# auto trans.



## tremer88 (Aug 18, 2006)

how much HP can these automatic transmissions handle?

I would guess no more than 200hp but that still pushing it because in my opinion, these nissan auto trans. could have been more substansial.


How much do you have to go through to put in a shift kit?


----------



## blaxican17 (Jan 17, 2006)

I got a shift kit put in my altima and it helped a lot. The brand I got is called "Trans-go". It is actually a transmission reprogramming kit. It works wonders. I can actually double clutch (my auto) an chirp second gear. It trips people out.....especially when I smoke other altimas. 
I'm not sure how much hp the tranny can handle, but I have no problems. I have 170k miles on the car with the original tranny. Its been a year so far with no problems. In a addition to the shift kit, I have an intake, headers, full exhaust, no cat, nology spark wires, and a 75 shot a nos. The tranny handles it fine although i did blow my motor twice.

Hope this helped.


----------



## tremer88 (Aug 18, 2006)

hahah man, that is bad ass. yeah this helped, but i would still like to know this. so what you did to your transmission was just change the shift points electronically right? this didnt actually strengthen the transmission in any way? and also, does a non-electronic shift kit actually make the transmission stronger?
I think im just going to get the headers and everything else for the hell of it. so what what if it blows, that means its manual time! 
heh


----------



## blaxican17 (Jan 17, 2006)

The kit actually consists of a bunch of bolts, springs, and gaskets that you have to insert manually into the transmission. It takes a long time but the kit comes with a detailed diagram to help you do it yourself. It does strengthen the tranny because it eliminates shift lag and overlapping of gears.
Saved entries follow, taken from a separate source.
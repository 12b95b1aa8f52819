//! Workers execute steps of a run.

ghost use Rattle.std.specs.Prelude.{◌≡◌, ◌<◌, ◌≤◌, IfOk, IfErr, length};
ghost use Rattle.tb_team.specs.Gone.{HasSeats, IsGone};
ghost use Rattle.tb_team.specs.Looking.{IsLooked};
ghost use Rattle.tb_team.specs.Losing.{IsAstray, IsLost};

use crate::gone::Gone;
use crate::lending::lend;
use crate::looking::is_course;
use crate::losing::lose;
use crate::lost::Lost;
use crate::stopping::stop_after;
use std::alloc::Global;
use std::sync::Wait;
use std::thread::Threads;
use tb_live::Live;

/// What workers did that had a journal of so many entries, where it is a course of turns.
fn look(live: Live, workers: u32, most: u32, from: usize) -> Result<Gone, Lost>
    requires seats { HasSeats live.session }
    requires from { from ≤ length live.session.journal }
    ensures looked { IfOk result (IsLooked workers most from live.session) }
    ensures astray { IfErr result (IsAstray workers most from live.session) }
{
    let mut live = live;
    live.journal_is_sound();
    // for the proof: what the core retains of the history
    let _core = live.core();
    if !is_course(&live, workers, from) {
        return Err(lose(live, Lost::Course));
    }
    let count = (live.journal().len() - from) as u32;
    if most < count {
        return Err(lose(live, Lost::Many));
    }
    live.resume();
    match stop_after(&mut live, count, most) {
        Ok(stop) => {
            live.withdraw_all();
            Ok(Gone { live, count, stop })
        },
        Err(why) => Err(lose(live, why)),
    }
}

/// Lets so many workers execute up to so many steps in all. They stop at a breakpoint.
pub fn go_several<R: Threads + Wait + Sync>(
    rt: &R,
    alloc: Global,
    live: Live,
    workers: u32,
    most: u32,
) -> Result<Gone, Lost>
    requires seats { HasSeats live.session }
    requires several { 1 < workers }
    requires few { workers ≤ 64 }
    ensures gone { IfOk result (IsGone workers most live.session) }
    ensures lost { IfErr result (IsLost workers most live.session) }
{
    let mut live = live;
    let from = live.journal().len();
    // a claim that was left would block its task for all workers
    live.withdraw_all();
    let live = match lend(rt, alloc, live, workers, most) {
        Ok(live) => live,
        Err(why) => return Err(why),
    };
    live.journal_is_sound();
    look(live, workers, most, from)
}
Normal automatics will start to leave one gear and go into the next at the same time which creates alot of friction and burn. The kit makes it where it will jump right from one to the other. It also lets you rev up a little more (but not much).

Oh yea... I'm gonna stick to auto cause I love tripping people out making them think it is stick. My motor blew cause I was squeezing nos like crazy with no internal upgrades to strengthen the actual motor.
Good luck on hooking up your ride. Make us altima drivers proud.


----------